4. The method of claim 1, wherein the waypoints are configured to be about 0.5 to 2 centimeters apart.
5. The method of claim 1, wherein the waypoints are configured so that the movement of the robot module continually positions the robot module in proximity to a curb or wall.
6. The method of claim 5, wherein the positioning of the robot module is further configured to position a sweeper brush of the robot module in contact with, or in proximity to, the curb or wall.
7. The method of claim 1, wherein the robot module is configured to sense a local environment using one or more sensors; and,
wherein generating the waypoints or generating the velocities is responsive to the sensing of the local environment.
8. The method of claim 7, wherein sensing the local environment includes recognizing objects in the local environment by applying a recognition model to sensor data generated by the one or more sensors.

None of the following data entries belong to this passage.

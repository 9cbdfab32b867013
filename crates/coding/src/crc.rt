//! CRC-32C (Castagnoli), and the mask under which formats store it.
//!
//! A register of 32 bits takes in the bits of the bytes, the lowest bit of each byte first. It
//! holds a remainder, with the coefficient of power 31 in its lowest bit.
//!
//! 1. Steps are linear over exclusive or. So a table can hold what n steps make of each byte.
//! 2. Sixteen bytes are taken at a time, as four words. Each word is advanced by itself, so the
//!    four don't wait for each other. All four use the same four tables.
//! 3. Of many bytes, all but the last go without tables: they are added to later ones (`window`).

mod tables;
mod window;

ghost use Rattle.std.specs.Prelude.{◌≡◌, ℕ, ◌+◌, ◌^◌, ◌<◌, ◌++◌, bit_xor};
ghost use Rattle.coding.specs.Crc.{RemainderLaw, bits_of, crc32c, masked};
ghost use Rattle.coding.specs.CrcRegister.{register_after_bits, register_of_lanes};
ghost use Rattle.coding.specs.CrcRegister.{register_after_steps};
ghost use Rattle.std.specs.List.{concat};

use tables::{AFTER_FIFTEEN, AFTER_FOURTEEN, AFTER_ONE, AFTER_SIXTEEN, AFTER_THIRTEEN};
use window::advanced_by_window;

/// The divisor without its leading coefficient; the coefficient of power 31 is the lowest bit.
const CASTAGNOLI: u32 = 0x82f6_3b78;

/// The fewest chunks for which a window is worth its cost.
const FEWEST: usize = 40;

/// What [`mask`] adds.
const MASK_DELTA: u32 = 0xa282_ead8;

/// CRC-32C (Castagnoli) of `bytes`; 0 for no bytes.
///
/// It is the remainder by the polynomial 0x11edc6f41. The lowest bit of each byte comes first, and
/// the first 32 bits and the remainder are inverted.
pub fn crc32c(bytes: &[u8]) -> u32
    ensures { result ≡ crc32c bytes.now }
{
    !advanced(u32::MAX, bytes)
}

/// CRC-32C of the bytes of `first` and then those of `second`, which may lie apart.
pub fn crc32c_pair(first: &[u8], second: &[u8]) -> u32
    ensures { result ≡ crc32c (first.now ++ second.now) }
{
    let register = advanced(u32::MAX, first);
    !advanced(register, second)
}

/// The same as [`crc32c`], bit by bit and without a table: many times slower, to compare it with.
pub fn crc32c_plain(bytes: &[u8]) -> u32
    ensures { result ≡ crc32c bytes.now }
{
    let mut register = u32::MAX;
    for byte in bytes {
        register = eight_steps(register ^ u32::from(*byte));
    }
    !register
}

/// `crc` as formats store it: rotated right by 15 bits, plus 0xa282ead8 modulo 2^32.
///
/// Why: without a mask, all bytes that end with their own CRC would have the same CRC.
pub fn mask(crc: u32) -> u32
    ensures { result ≡ masked crc }
{
    crc.rotate_right(15).wrapping_add(MASK_DELTA)
}

/// The one CRC whose [`mask`] is `masked_crc`. Each number of 32 bits is the mask of one CRC.
pub fn unmask(masked_crc: u32) -> u32
    ensures mask_undone { masked result ≡ masked_crc }
    ensures only { (crc : ℕ) → crc < 2 ^ 32 → masked crc ≡ masked_crc → result ≡ crc }
{
    masked_crc.wrapping_sub(MASK_DELTA).rotate_left(15)
}

/// The law under [`crc32c`]: long division of a polynomial of at least 32 coefficients leaves its
/// remainder, and no other list is its remainder. A call does nothing.
pub fn remainder_law()
    ensures { RemainderLaw }
{}

/// The register after eight steps.
fn eight_steps(mut register: u32) -> u32
    ensures { result ≡ register_after_steps 8 register }
{
    for _taken in 0..8u32 {
        register = register >> 1 ^ register % 2 * CASTAGNOLI;
    }
    register
}

/// The register after `bytes`.
fn advanced(register: u32, bytes: &[u8]) -> u32
    ensures { result ≡ register_after_bits register (bits_of bytes.now) }
{
    let (chunks, rest) = bytes.as_chunks::<16>();
    advanced_by_bytes(advanced_by_chunks(register, chunks), rest)
}

/// The register after `chunks`.
fn advanced_by_chunks(register: u32, chunks: &[[u8; 16]]) -> u32
    ensures { result ≡ register_after_bits register (bits_of (concat chunks.now)) }
{
    if chunks.len() >= FEWEST {
        return advanced_by_window(register, chunks);
    }
    match chunks.split_first() {
        Some((first, chunks)) => Lanes::begun(register, first).over(chunks).settled(),
        None => register,
    }
}

/// The register after `bytes`, taken in one by one.
fn advanced_by_bytes(mut register: u32, bytes: &[u8]) -> u32
    ensures { result ≡ register_after_bits register (bits_of bytes.now) }
{
    for byte in bytes {
        register = past_one(register ^ u32::from(*byte));
    }
    register
}

/// `register`, advanced by one byte.
#[inline(always)]
fn past_one(register: u32) -> u32
    ensures { result ≡ register_after_steps 8 register }
{
    register >> 8 ^ AFTER_ONE[(register % 256) as usize]
}

/// `register`, advanced by four bytes.
fn past_four(register: u32) -> u32
    ensures { result ≡ register_after_steps 32 register }
{
    past_one(past_one(past_one(past_one(register))))
}

/// `register`, advanced by sixteen bytes.
#[inline(always)]
fn past_sixteen(register: u32) -> u32
    ensures { result ≡ register_after_steps 128 register }
{
    let [first, second, third, fourth] = register.to_le_bytes();
    AFTER_SIXTEEN[first as usize]
        ^ AFTER_FIFTEEN[second as usize]
        ^ AFTER_FOURTEEN[third as usize]
        ^ AFTER_THIRTEEN[fourth as usize]
}

/// The four words of a chunk, after the register so far was added to them. Each word has yet to
/// take its own steps for sixteen bytes.
#[derive(Clone, Copy)]
struct Lanes {
    first: u32,
    second: u32,
    third: u32,
    fourth: u32,
}

impl Lanes {
    /// The words of a chunk.
    #[inline(always)]
    fn of(chunk: &[u8; 16]) -> Lanes
        ensures { (register : ℕ) →
            register_after_bits register (bits_of chunk.now)
            ≡ register_of_lanes (record result { first = bit_xor register result.first }) }
    {
        Lanes {
            first: u32::from_le_bytes([chunk[0], chunk[1], chunk[2], chunk[3]]),
            second: u32::from_le_bytes([chunk[4], chunk[5], chunk[6], chunk[7]]),
            third: u32::from_le_bytes([chunk[8], chunk[9], chunk[10], chunk[11]]),
            fourth: u32::from_le_bytes([chunk[12], chunk[13], chunk[14], chunk[15]]),
        }
    }

    /// The words of the first chunk, with `register` added.
    fn begun(register: u32, chunk: &[u8; 16]) -> Lanes
        ensures { register_of_lanes result ≡ register_after_bits register (bits_of chunk.now) }
    {
        let words = Lanes::of(chunk);
        Lanes {
            first: register ^ words.first,
            ..words
        }
    }

    /// The words after one more chunk.
    #[inline(always)]
    fn with(self, chunk: &[u8; 16]) -> Lanes
        ensures { register_of_lanes result
            ≡ register_after_bits (register_of_lanes self) (bits_of chunk.now) }
    {
        let words = Lanes::of(chunk);
        Lanes {
            first: past_sixteen(self.first) ^ words.first,
            second: past_sixteen(self.second) ^ words.second,
            third: past_sixteen(self.third) ^ words.third,
            fourth: past_sixteen(self.fourth) ^ words.fourth,
        }
    }

    /// The words after more chunks.
    fn over(mut self, chunks: &[[u8; 16]]) -> Lanes
        ensures { register_of_lanes result
            ≡ register_after_bits (register_of_lanes self) (bits_of (concat chunks.now)) }
    {
        for chunk in chunks {
            self = self.with(chunk);
        }
        self
    }

    /// The register after all the chunks.
    fn settled(self) -> u32
        ensures { result ≡ register_of_lanes self }
    {
        let register = past_four(self.first);
        let register = past_four(register ^ self.second);
        let register = past_four(register ^ self.third);
        past_four(register ^ self.fourth)
    }
}
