//! Comparing bytes eight at a time.

ghost use Rattle.std.specs.Prelude.{◌≡◌, ◌+◌, ◌/◌, ◌≤◌, nat_eq, length, drop};
ghost use Rattle.std.specs.Int.{trailing_zeros, w64};
ghost use Rattle.std.specs.List.{common_prefix_len};
ghost use Rattle.byteorder.specs.Endian.{little_number};

use byteorder::{ByteOrder, LittleEndian};

/// How many bytes are compared at a time.
const WORD_LEN: usize = 8;

/// How many bits a byte has.
const BYTE_BITS: usize = 8;

/// The length of the longest common beginning of `a` and `b`.
#[inline]
pub fn common_len(a: &[u8], b: &[u8]) -> usize
    ensures value { result ≡ common_prefix_len nat_eq a.now b.now }
    ensures within { (result ≤ length a.now) × (result ≤ length b.now) }
{
    let shorter = a.len().min(b.len());
    if shorter < WORD_LEN {
        return common_bytes(a, b);
    }
    for i in 0..shorter / WORD_LEN {
        let difference = word_at(a, WORD_LEN * i) ^ word_at(b, WORD_LEN * i);
        if difference != 0 {
            return WORD_LEN * i + same_bytes(difference);
        }
    }
    // The last word of the shorter one may begin among bytes that were compared already.
    let last = shorter - WORD_LEN;
    let difference = word_at(a, last) ^ word_at(b, last);
    if difference != 0 {
        return last + same_bytes(difference);
    }
    shorter
}

/// How many bytes at the front of two words are equal, `difference` being their exclusive or.
#[inline]
fn same_bytes(difference: u64) -> usize
    ensures { result ≡ trailing_zeros w64 difference / 8 }
{
    difference.trailing_zeros() as usize / BYTE_BITS
}

/// The number in the eight bytes from `place` on, the lowest byte first.
#[inline]
fn word_at(bytes: &[u8], place: usize) -> u64
    requires { place + 8 ≤ length bytes.now }
    ensures { result ≡ little_number 8 (drop place bytes.now) }
{
    LittleEndian::read_u64(&bytes[place..])
}

/// The length of the longest common beginning of `a` and `b`, byte by byte.
fn common_bytes(a: &[u8], b: &[u8]) -> usize
    ensures { result ≡ common_prefix_len nat_eq a.now b.now }
{
    let shorter = a.len().min(b.len());
    for place in 0..shorter {
        if a[place] != b[place] {
            return place;
        }
    }
    shorter
}
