/// The descent through one outermost expression, which must leave `floor` tokens. It looks a few
/// tokens past that bound at most, so its depth is bounded too.
#[derive(Clone, Copy)]
struct Descent {
    alloc: Global,
    language: Language,
    floor: usize,
}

9. The method of claim 7, wherein responsive to detection of an obstacle in the local environment, then the waypoints or velocities are generated so as to avoid contact of the robot module with the obstacle.
10. The method of claim 1, wherein applying the velocities includes activating or controlling one or more actuators of the robot module to control the movement of the robot module according to the velocities.

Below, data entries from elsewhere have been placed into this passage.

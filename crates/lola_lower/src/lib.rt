//! A flat design as a net: the one lowering, over shared gates.
//!
//! `lower` makes the net of a well formed flat design. Its nodes are made in one order: a free node for each
//! bit of the root's IN ports, a latch for each bit of the registers, both in signal order, then the signals
//! in the order of equations, and then the next values of the registers in signal order. A pad makes its
//! value, its release and then a pad node for each bit. Within a name elements go from 0 on, and bits from
//! the highest down to bit 0. The definition `net_of` says exactly which net that is, by the steps of
//! `lola_eval` over the algebra of `lola_gate`. The law `lowered_cycles`
//! says that this net does in each cycle what the design does, bit by bit (`specs/Cycles.antt`), and `lowered_names`
//! that its names stand as those of a net are to stand (`specs/Named.antt`).
#![tactic(auto)]

mod evaluated;
mod laws;
mod names;
mod net;
mod signals;
mod sources;

pub use evaluated::{lower_next, lower_signals};
pub use laws::{lowered_cycles, lowered_names, lowered_stands};
pub use net::lower;
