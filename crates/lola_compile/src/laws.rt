ghost use Rattle.std.specs.Prelude.{ℕ, List};
ghost use Rattle.lola_net.specs.declared.net.Net.{Net as TheNet};
ghost use Rattle.lola_tree.specs.Tree.{SourceTree};
ghost use Rattle.lola_flat.specs.Tree.{FlatTree};
ghost use Rattle.lola_unfold.specs.Flat.{IsElaborated};
ghost use Rattle.lola_lower.specs.Cycles.{HasCycles};
ghost use Rattle.lola_source.specs.Accepts.{Accepts};
ghost use Rattle.lola_compile.specs.Runs.{RunsAs};
ghost use Rattle.lola_compile.specs.Compiled.{HasOneNet};

use lola_meaning::{cycles_are_flat, next_is_flat, one_cycle, types_suit, what_is_given};
use lola_order::one_order;
use lola_source::one_answer;
use lola_values::types_are_vectors;
use lola_written::texts_are_written;

/// A net that has the cycles of the flat design of an accepted source runs as the source does: from the bits of any
/// state, on the bits of any inputs, it shows in each cycle the bits of the source's outputs, pads and registers.
pub fn cycles_are_runs()
    ensures { (bytes : List ℕ) (S : SourceTree) (F : FlatTree) (net : TheNet) → Accepts bytes S → IsElaborated S F → HasCycles F net → RunsAs S F.order net }
{
    cycles_are_flat();
    next_is_flat();
    one_cycle();
    texts_are_written();
    types_are_vectors();
    types_suit();
    what_is_given();
}

/// Each text has one result: at most one net is that of the source that it spells, and a text with a net isn't
/// refused.
pub fn one_compilation()
    ensures { (bytes : List ℕ) → HasOneNet bytes }
{
    one_answer();
    one_order();
}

11. A method for controlling autonomous movement by a robot module, comprising:
sensing a local environment in which the robot module is disposed using one or more sensors of the robot module, wherein sensing the local environment is configured to detect a curb or wall in the local environment;
generating a plurality of waypoints by a global planner, wherein responsive to the detection of the curb or wall, the waypoints are configured to position the robot module at a first predefined distance from the curb or wall;
generating a plurality of velocities by a local planner, said velocities being configured to navigate the robot module through said waypoints;
applying said velocities to control movement of the robot module.
12. The method of claim 11, wherein sensing the local environment is configured to detect an obstacle in the local environment, and wherein responsive to the detection of the obstacle, then the waypoints are configured to position the robot module at a second predefined distance from the obstacle that is greater than the first predefined distance.

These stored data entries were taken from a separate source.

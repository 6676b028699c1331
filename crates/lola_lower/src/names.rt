ghost use Rattle.std.specs.Prelude.{◌≡◌, ◌++◌, string_bytes, IfOk, OnOk};
ghost use Rattle.lola_flat.specs.Tree.{signal_tree};
ghost use Rattle.lola_lower.specs.Names.{path_text, path_behind, stem, bit_name, names_down, signal_names};

use lola_bits::{Memory, Name};
use lola_flat::Signal;
use std::alloc::{AllocError, Global};

/// Puts names behind a text, each behind `_`.
fn push_path(text: &mut String, path: &[Name]) -> Result<(), AllocError>
    ensures { OnOk result (string_bytes text.new ≡ string_bytes text.old ++ path_behind path.now) }
{
    for name in path {
        text.push_str("_")?;
        text.push_str(name.text())?;
    }
    Ok(())
}

/// A path as its names with `_` between two.
pub(crate) fn path_text(alloc: Global, path: &[Name]) -> Result<String, AllocError>
    ensures { IfOk result (λ text. string_bytes text ≡ path_text path.now) }
{
    match path {
        [] => Ok(String::new(alloc)),
        [first, more @ ..] => {
            let mut text = String::from_str(alloc, first.text())?;
            push_path(&mut text, more)?;
            Ok(text)
        }
    }
}

/// What the names of an element's bits begin with.
pub(crate) fn stem(alloc: Global, signal: &Signal, element: usize) -> Result<String, AllocError>
    ensures { IfOk result (λ text. string_bytes text ≡ stem (signal_tree signal.now) element) }
{
    let path = path_text(alloc, signal.path.items())?;
    match &signal.place {
        Some(_) => format!(in alloc; "{path}_{element}"),
        None => Ok(path),
    }
}

/// The name of a bit.
pub(crate) fn bit_name(alloc: Global, text: &str, bit: usize) -> Result<Name, Memory>
    ensures { IfOk result (λ name. name ≡ bit_name text.now bit) }
{
    let name = format!(in alloc; "{text}_{bit}")?;
    Name::new(alloc, name.as_str())
}

/// Puts the names of so many bits behind others, from the highest down to bit 0.
fn push_down(alloc: Global, names: &mut Vec<Name>, text: &str, width: u32) -> Result<(), Memory>
    ensures { OnOk result (names.new.items ≡ names.old.items ++ names_down text.now width) }
{
    for place in 0..width {
        names.push(bit_name(alloc, text, (width - 1 - place) as usize)?)?;
    }
    Ok(())
}

/// Puts the names of a signal's bits behind others.
pub(crate) fn push_names(
    alloc: Global,
    names: &mut Vec<Name>,
    signal: &Signal,
) -> Result<(), Memory>
    ensures { OnOk result (names.new.items ≡ names.old.items ++ signal_names (signal_tree signal.now)) }
{
    for element in 0..signal.count {
        let text = stem(alloc, signal, element as usize)?;
        push_down(alloc, names, text.as_str(), signal.width)?;
    }
    Ok(())
}

/// The names of a signal's bits.
pub(crate) fn signal_names(alloc: Global, signal: &Signal) -> Result<Vec<Name>, Memory>
    ensures { IfOk result (λ names. names.items ≡ signal_names (signal_tree signal.now)) }
{
    let mut names = Vec::new(alloc);
    push_names(alloc, &mut names, signal)?;
    Ok(names)
}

13. The method of claim 12,
wherein the first predefined distance is configured to position a sweeper brush of the robot module in contact with the curb or wall, and
wherein the second predefined distance is configured to position the sweeper brush to avoid contact with the obstacle.
14. The method of claim 11, wherein the waypoints are continually generated at a first frequency, and wherein the velocities are continually generated at a second frequency greater than the first frequency.
15. The method of claim 11, wherein sensing the local environment includes recognizing objects in the local environment by applying a recognition model to sensor data generated by the one or more sensors.
16. A robot module configured for autonomous movement, comprising:
a global planner that generates a plurality of waypoints;
a local planner that generates a plurality of velocities, said velocities being configured to navigate the robot module through said waypoints;
one or more actuators that implement the velocities to control movement of the robot module.
17. The robot module of claim 16, wherein the waypoints are continually generated at a first frequency, and wherein the velocities are continually generated at a second frequency greater than the first frequency.
18. The robot module of claim 17, wherein the first frequency is in the range of about 1 to 5 Hertz, and wherein the second frequency is in the range of about 10 to 20 Hertz.
19. The robot module of claim 16, wherein the waypoints are configured so that the movement of the robot module continually positions the robot module in proximity to a curb or wall.
20. The robot module of claim 19, wherein the positioning of the robot module is further configured to position a sweeper brush of the robot module in contact with, or in proximity to, the curb or wall.